Von den 8842 Spam-Nachrichten enthielten 8609 Mails Informationen, die auf Veröffentlichungen im Internet zurückgehen. Ungefähr 110 Nachrichten enthielten Informationen die im Usenet gepostet worden waren, und 82 von Internetdiensten, die in Formularen nach einer E-Mail-Adresse fragen und bei denen die opt-out-Box angekreuzt wurde.
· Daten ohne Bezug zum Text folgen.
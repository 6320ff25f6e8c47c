// Why nothing was played.
ghost use Rattle.std.specs.Prelude.{◌≡◌};
ghost use Rattle.playback.specs.declared.faults.PlayFault.TheVariants.{NoMemory};

use log_node::Counts;
use std::alloc::AllocError;
use std::error::Error;
use std::fmt;

/// Why nothing was played. The player is then as before.
#[derive(Clone, Copy, Debug, PartialEq, Eq)]
pub enum PlayFault {
    /// A played count is below the base, so nodes that were not played are trimmed.
    Trimmed { base: Counts },
    /// Memory was refused.
    NoMemory,
}

impl fmt::Display for PlayFault {
    ghost use Rattle.std.specs.Prelude.{Some};
    ghost use Rattle.playback.specs.Playing.{fault_text};

    ghost output = { λ fault. Some (fault_text fault) };

    fn fmt<W: fmt::Write>(&self, f: &mut fmt::Formatter<W>) -> fmt::Result {
        match self {
            PlayFault::Trimmed { base } => {
                let [a, b, c, d] = base.0;
                write!(f, "trimmed below {a},{b},{c},{d}")
            }
            PlayFault::NoMemory => write!(f, "out of memory"),
        }
    }
}

impl Error for PlayFault {}

impl From<AllocError> for PlayFault {
    ghost from_gives = { λ _ e. e ≡ NoMemory };

    fn from(_: AllocError) -> PlayFault {
        PlayFault::NoMemory
    }
}
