// Nodes that may be played: the next ones of their chains whose needs are played.
ghost use Rattle.std.specs.Prelude.{◌≡◌, ◌<◌, ◌≤◌, Some};
ghost use Rattle.log_node.specs.Vectors.{at, IsWithin};
ghost use Rattle.playback.specs.Orders.{next_place};
ghost use Rattle.playback.specs.Playing.{item_at};
ghost use Rattle.playback.specs.Inside.{free_in, first_of, free_before, GoesNext, IsNextRegion};

use col_core::View;
use log_node::{Counts, Item, Key};

/// A region whose next node is free, and that node's key.
#[derive(Clone, Copy, Debug, PartialEq, Eq)]
pub struct Free {
    pub region: u8,
    pub key: Key,
}

// The next node of a region's chain, where it is to be played and its needs are played.
fn free_in(view: &View, played: Counts, region: u8) -> Option<Free>
    requires region { region < 4 }
    requires from { at view.now.from region ≤ at played region }
    ensures { result ≡ free_in view.now played region }
{
    let number = region as usize;
    let position = played.0[number];
    if position >= view.cut.0[number] {
        return None;
    }
    let items = view.items.get(number)?;
    let item = items.get((position - view.from.0[number]) as usize)?;
    if item.head.needs.is_within(played) {
        Some(Free {
            region,
            key: item.head.key,
        })
    } else {
        None
    }
}

// Whether of two free nodes the one goes before the other.
fn is_before(a: Free, b: Free) -> bool
    ensures { result ≡ free_before a b }
{
    a.key.is_below(b.key) || (a.key.is_same(b.key) && a.region < b.region)
}

// Of two that may be free the one that goes first.
fn first_of(one: Option<Free>, other: Option<Free>) -> Option<Free>
    ensures { result ≡ first_of one other }
{
    match (one, other) {
        (None, _) => other,
        (Some(one), None) => Some(one),
        (Some(one), Some(other)) => {
            if is_before(other, one) {
                Some(other)
            } else {
                Some(one)
            }
        }
    }
}

/// The region whose next node is played next, where this many nodes of each chain are played.
pub(crate) fn next_region(view: &View, played: Counts) -> Option<u8>
    requires { IsWithin view.now.from played }
    ensures { IsNextRegion view.now played result }
{
    let last = free_in(view, played, 3);
    let third = first_of(free_in(view, played, 2), last);
    let second = first_of(free_in(view, played, 1), third);
    let first = first_of(free_in(view, played, 0), second);
    match first {
        None => None,
        Some(free) => Some(free.region),
    }
}

/// The next node of a region's chain.
pub(crate) fn next_item(view: &View, played: Counts, region: u8) -> &Item
    requires { GoesNext view.now played region }
    ensures { item_at view.now (next_place played region) ≡ Some result.now }
{
    let number = region as usize;
    let items = &view.items.as_slice()[number];
    &items.as_slice()[(played.0[number] - view.from.0[number]) as usize]
}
Lediglich 25 unerwünschte Nachrichten wurden durch die unerlaubte Weitergabe von E-Mail-Adressen verursacht. Foren, in denen die E-Mail Adresse verwendet wird, haben nur 15 dieser Nachrichten verursacht.
Nur in einem Fall nutzte der Spam-Versender offenbar eine Adresse, die er in einer Whois-Datenbank gefunden haben muss.
Aus diesen gewonnenen Erkenntnissen kann man Schlussfolgern, dass E-Mail-Adressen, die auf Internetseiten oder in Newsgroups veröffentlicht werden, für den größten Teil des Spam verantwortlich sind.
Um an diese Adressen zu gelangen, verwenden die Spam-Versender spezielle Software um die entsprechenden Adressen einzusammeln.
Aus diesem Grund sollte man solche E-Mail Adressen nur in umgeschriebener Form veröffentlichen.
So verfremdete Adressen ziehen keinen Spam an.
Weiterhin sollte man Vorsicht walten lassen, wenn man Finanzaktivitäten im Internet durchführt. Benutzen sie eine extra E-mail Adresse, wenn sie zum Beispiel Kreditkarten oder ein Girokonto über das Internet beantragen.
Weiterhin ist es ratsam lange E-Mail Adressen zu wählen.
Einige Spamprogramme sind in der Lage, jede denkbare Buchstabenkombination einer Domain auszuprobieren und E-Mail-Server mit Spam regelrecht zu fluten.
Viele Internet-Nutzer, die auf Homepages von Unternehmen Formulare ausfüllen und dabei ihre elektronische Adresse angeben, bekommen nur deshalb unerwünschte Post, weil sie in den Formularen eine Option übersehen haben, mit der sie Werbebotschaften oder andere E-Mails ablehnen können.